Paul started to rise to go find Adriana, but Ida motioned to him to stay put.
At last, she was still. Out of desperation he tentatively asked, “What about these lists of words? What do you think they are?”
Ida picked up the pages again and lifted them to her face, scanning them intently and then riffling through them, stopping now and then to examine a few lines more carefully before tossing them onto the table.
“Who knows?” she said, with a tinge of resentment. “It was a long time ago, you know. Maybe they’re ideas for poems, things he wanted to look up, things he wanted to remember, or couldn’t forget. What was left of his unquenchable need to write. Like poor old Bill de Kooning, still painting those loopy dead canvases, as if the gesture itself, the mechanical act, was what mattered. Maybe Arnold, too, was a poet to the end, even if he couldn’t write poetry anymore.”
Ida was quiet for a long time, sipping her cold tea, seemingly looking at the wall. The fire in the small fireplace near the door was embers now.
Suddenly, she roused herself and turned to Paul, putting on a face like a stage actress. The room seemed to brighten artificially.

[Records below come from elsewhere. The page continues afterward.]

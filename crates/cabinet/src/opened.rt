//! Bytes that are opened as the archive of a document, for questions and edits.
ghost use Rattle.std.specs.Prelude.{◌≡◌, ◌-◌, ◌^◌, ◌<◌, length, IfOk, IfErr, OnOk, OnErr};
ghost use Rattle.archive_shape_layout.specs.Holds.{root_position as position_of_root};
ghost use Rattle.archive_shape_layout.specs.Content.Part.{at};
ghost use Rattle.archive_forms_values.specs.Parts.{HasValue};
ghost use Rattle.cabinet_text_grammar.specs.Memory.{TextTakesMemory};
ghost use Rattle.cabinet_text_grammar.specs.Tree.{Tree};
ghost use Rattle.cabinet_text_grammar.specs.Line as line;
ghost use Rattle.cabinet_documents.specs.Node.{node_shape, KnowsNode};
ghost use Rattle.cabinet_documents.specs.Accepted.{Accepted};
ghost use Rattle.cabinet_documents.specs.Audit.{IsRefusedFor};
ghost use Rattle.cabinet_text_nodes.specs.Lines.{IsQuestion};
ghost use Rattle.cabinet_text_nodes.specs.View.{line_of};
ghost use Rattle.cabinet_archives.specs.Refused.{refusal_of};
ghost use Rattle.cabinet_archives.specs.Failing.{FailsByWriter};
ghost use Rattle.cabinet_archives.specs.Sound.{IsSoundPart};
ghost use Rattle.cabinet.specs.Laws.{IsLoaded};
ghost use Rattle.cabinet.specs.Calls.{WritesAnswer, TellsAnswer, FindsKind, CountsSteps, AnswersEdit, WritesEdit, ChangesArchive, ChangesImage};

use archive_core_validation::root_position;
use archive_hash_probing::{Group, Scan};
use archive_shape::{Ref, Steps};
use archive_shape_layout::{Error, Writer};
use cabinet_archives::{ArchivedNode, OpenRefusal, check_scanned};
use cabinet_text_nodes::{Asked, Document, EditAnswer, Kind, Leaf, Line, Step};
use std::alloc::{AllocError, Global};
use std::marker::PhantomData;

/// Bytes that are the archive of a document, whose hashed maps are searched by the scan `G`.
#[derive(Drop)]
pub struct Opened<'a, G = Group> {
    pub bytes: &'a mut [u8],
    pub scan: PhantomData<G>,
    ghost accepted: { ∥ ((t : Tree) × Accepted bytes.now t) ∥₁ },
}

/// Opens bytes that are the archive of a document, and no others. Refused bytes are unchanged: that is proved of
/// `check`, which this calls, and tested of `open`, since no clause can state what a lent slice holds after an `Err`.
pub fn open(alloc: Global, bytes: &mut [u8]) -> Result<Opened<'_>, OpenRefusal>
    ensures same { IfOk result (λ o. o.bytes.ghost_name ≡ bytes.entry.ghost_name) }
    ensures contents { IfOk result (λ o. o.bytes.now ≡ bytes.old) }
    ensures accepted { OnOk result ((t : Tree) × Accepted bytes.old t) }
    ensures refused { IfErr result (λ r. IsRefusedFor bytes.old (refusal_of r)) }
{
    open_scanned::<Group>(alloc, bytes)
}

/// Opens bytes as `open` does, with another scan for the look-ups in hashed maps, here and in each question and edit. All
/// scans find the same.
pub fn open_scanned<G: Scan>(alloc: Global, bytes: &mut [u8]) -> Result<Opened<'_, G>, OpenRefusal>
    ensures same { IfOk result (λ o. o.bytes.ghost_name ≡ bytes.entry.ghost_name) }
    ensures contents { IfOk result (λ o. o.bytes.now ≡ bytes.old) }
    ensures accepted { OnOk result ((t : Tree) × Accepted bytes.old t) }
    ensures refused { IfErr result (λ r. IsRefusedFor bytes.old (refusal_of r)) }
{
    match check_scanned::<G>(alloc, bytes) {
        Ok(()) => Ok(Opened::new(bytes)),
        Err(refusal) => Err(refusal),
    }
}

impl<'a, G: Scan> Opened<'a, G> {
    /// Opens bytes that `check` has accepted.
    pub fn new(bytes: &'a mut [u8]) -> Opened<'a, G>
        requires { ∥ ((t : Tree) × Accepted bytes.old t) ∥₁ }
        ensures same { result.bytes.ghost_name ≡ bytes.entry.ghost_name }
        ensures contents { result.bytes.now ≡ bytes.old }
    {
        Opened {
            bytes,
            scan: PhantomData,
        }
    }

    /// Returns the bytes as they are now.
    pub fn bytes(&self) -> &[u8]
        ensures { result.now ≡ self.now.bytes.now }
    {
        self.bytes
    }

    /// Returns the node at the root of the document.
    fn root(&self) -> Ref<'_, ArchivedNode>
        ensures bytes { result.bytes.now ≡ self.now.bytes.now }
        ensures position { result.pos ≡ position_of_root (length self.now.bytes.now) node_shape }
        ensures there { HasValue node_shape KnowsNode result.bytes.now result.pos }
        ensures sound { IsSoundPart result.bytes.now (at result.pos node_shape) }
    {
        Ref::new(self.bytes, root_position::<ArchivedNode>(self.bytes.len()))
    }

    /// Writes the line that answers a question. Reads only the nodes on the line's path and those that hold the keys
    /// that it asks for, and does not allocate.
    pub fn ask<W: Writer>(&self, line: &Line, writer: &mut W) -> Result<Asked, Error>
        requires question { IsQuestion (line_of line.now) }
        requires room { W.failures writer.old < 2 ^ 64 - 1 }
        ensures written { WritesAnswer W.Writer self.now.bytes.now line.now writer.old writer.new result }
        ensures asked { IfOk result (TellsAnswer self.now.bytes.now line.now) }
        ensures counted { FailsByWriter W.Writer writer.old writer.new result }
    {
        cabinet_archives::ask::<G, W>(self.root(), line, writer)
    }

    /// Returns the kind of the node that a path leads to, if it leads to one, and what the look-ups on the path took: the
    /// keys that were compared in ordered maps, at most 160 in each, and the strides of sixteen controls that were
    /// searched in hashed and kept maps, at most one for sixteen places in each. All scans take the same. Reads only the
    /// nodes on the path, and does not allocate.
    pub fn locate(&self, path: &[Step]) -> (Option<Kind>, Steps)
        ensures kind { FindsKind self.now.bytes.now path.now result.0 }
        ensures takes { CountsSteps self.now.bytes.now path.now result.1 }
    {
        cabinet_archives::locate::<G>(self.bytes, path)
    }

    /// Returns the document of the archive, in memory of its own. An `Err` says that an allocation failed. Memory is taken
    /// only for a document whose text takes some to be read.
    pub fn load(&self, alloc: Global) -> Result<Document, AllocError>
        ensures document { IfOk result (IsLoaded self.now.bytes.now) }
        ensures memory { OnErr result ((t : Tree) → Accepted self.now.bytes.now t → TextTakesMemory t) }
    {
        cabinet_archives::load(alloc, self.bytes)
    }

    /// Writes a leaf at a path, if the node there is a leaf of the same kind and, for a text, of the same length. What
    /// lies in a whole stays, since it may have other places too. Reads only the nodes on the path, and does not allocate.
    pub fn set(&mut self, path: &[Step], leaf: &Leaf) -> EditAnswer
        ensures same { self.new.bytes.ghost_name ≡ self.old.bytes.ghost_name }
        ensures answer { AnswersEdit self.old.bytes.now path.now leaf.now result }
        // No other bytes change.
        ensures bytes { WritesEdit self.old.bytes.now path.now leaf.now result self.new.bytes.now }
        ensures document { ChangesArchive self.old.bytes.now path.now leaf.now self.new.bytes.now }
        ensures image { ChangesImage self.old.bytes.now path.now leaf.now self.new.bytes.now }
    {
        cabinet_archives::set::<G>(self.bytes, path, leaf)
    }
}
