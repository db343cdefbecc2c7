//! The reading back of archives as owned values.
ghost use Rattle.std.specs.Prelude.{ℕ, length, IfOk};
ghost use Rattle.archive_shape_layout.specs.Content.{Names};
ghost use Rattle.archive_shape_layout.specs.Holds.{root_position};
ghost use Rattle.archive_forms_values.specs.Parts.{HasValue};
ghost use Rattle.archive_forms.specs.Deserializing.{Deserializes, IsReadAt};
ghost use Rattle.archive_core_validation.specs.Depth.{unlimited};
ghost use Rattle.archive_core_validation.specs.Access.{Decides};
ghost use Rattle.archive_core.specs.Written.{ReadsUnshared};

use archive_core_validation::{HighValidator, access};
use archive_forms::{Deserialize, Deserializer};
use archive_forms_writing::Archive;
use archive_shape::{CheckBytes, Error, Ref};
use std::alloc::Global;

/// Reads an archived value back as an owned value. The pointers of one place in the type share what they lead to, which
/// is read once. The only error is `OutOfMemory`.
pub fn deserialize<T: Archive, A: Deserialize<T>>(
    alloc: Global,
    value: &Ref<'_, A>,
) -> Result<T, Error>
    requires { HasValue A.shape A.knows value.now.bytes.now value.now.pos }
    ensures { Deserializes A.reads A.shape A.knows value.now.bytes.now value.now.pos result }
{
    let mut deserializer = A::Pool::new(alloc);
    A::deserialize(value, alloc, &mut deserializer)
}

/// Checks an archive, and reads its root back. The errors are those of `access`.
pub fn from_bytes<T: Archive>(alloc: Global, bytes: &[u8]) -> Result<T, Error>
where
    T::Archived: CheckBytes<HighValidator> + Deserialize<T>,
    requires named { (names : Names) × T.Archived.knows names }
    ensures exact { (names : Names) → T.Archived.knows names
        → Decides names bytes.now T.Archived.shape (root_position (length bytes.now) T.Archived.shape) unlimited result }
    ensures value { IfOk result (IsReadAt T.Archived.reads T.Archived.shape T.Archived.knows bytes.now
        (root_position (length bytes.now) T.Archived.shape)) }
    ensures written { ReadsUnshared T.Archived.shape T.Archived.knows T.spelling T.Archived.reads
        bytes.now result }
{
    let root = access::<T::Archived>(alloc, bytes)?;
    deserialize::<T, T::Archived>(alloc, &root)
}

“How is Sterling? I haven’t seen him for years now. How is his life with Bree?”
“They seem very happy together,” Paul answered, as if he knew.
“Bree has been in Sterling’s life since he was a young man. She worked for him at Impetus for years. She’s remarkably astute, and beautiful, and there’s no doubt Sterling is the love of her life. But after Jeannette, Aunt Lobelia produced Maxine, and that was that. Maxine. One of the world’s perfect creatures.
“That halo of dark curls, that reluctant smile. She and Sterling were never simpatico. She wasn’t enough of a … siren for him, I guess. She was too giving, too selfless. Always there, always faithful and available. Not a good strategy with a man like that, I can assure you.”
“I’ve never heard a bad thing about her,” Paul allowed.
“That’s because she was one of God’s children. An old soul. Beautiful in a way Sterling is constitutionally incapable of appreciating. I’m afraid my dear cousin took terrible advantage of her — without intending to, of course. And then she died. Dear, dear Maxine! I miss her terribly. Getting old is not for the faint of heart, Paul. It’s not just the physical indignities, though they’re terrible. It’s that the ones who truly understand you desert you. The ingrates!” Ida laughed incredulously. “After all the time and need and adoration you’ve poured into them! That’s what’s unbearable.”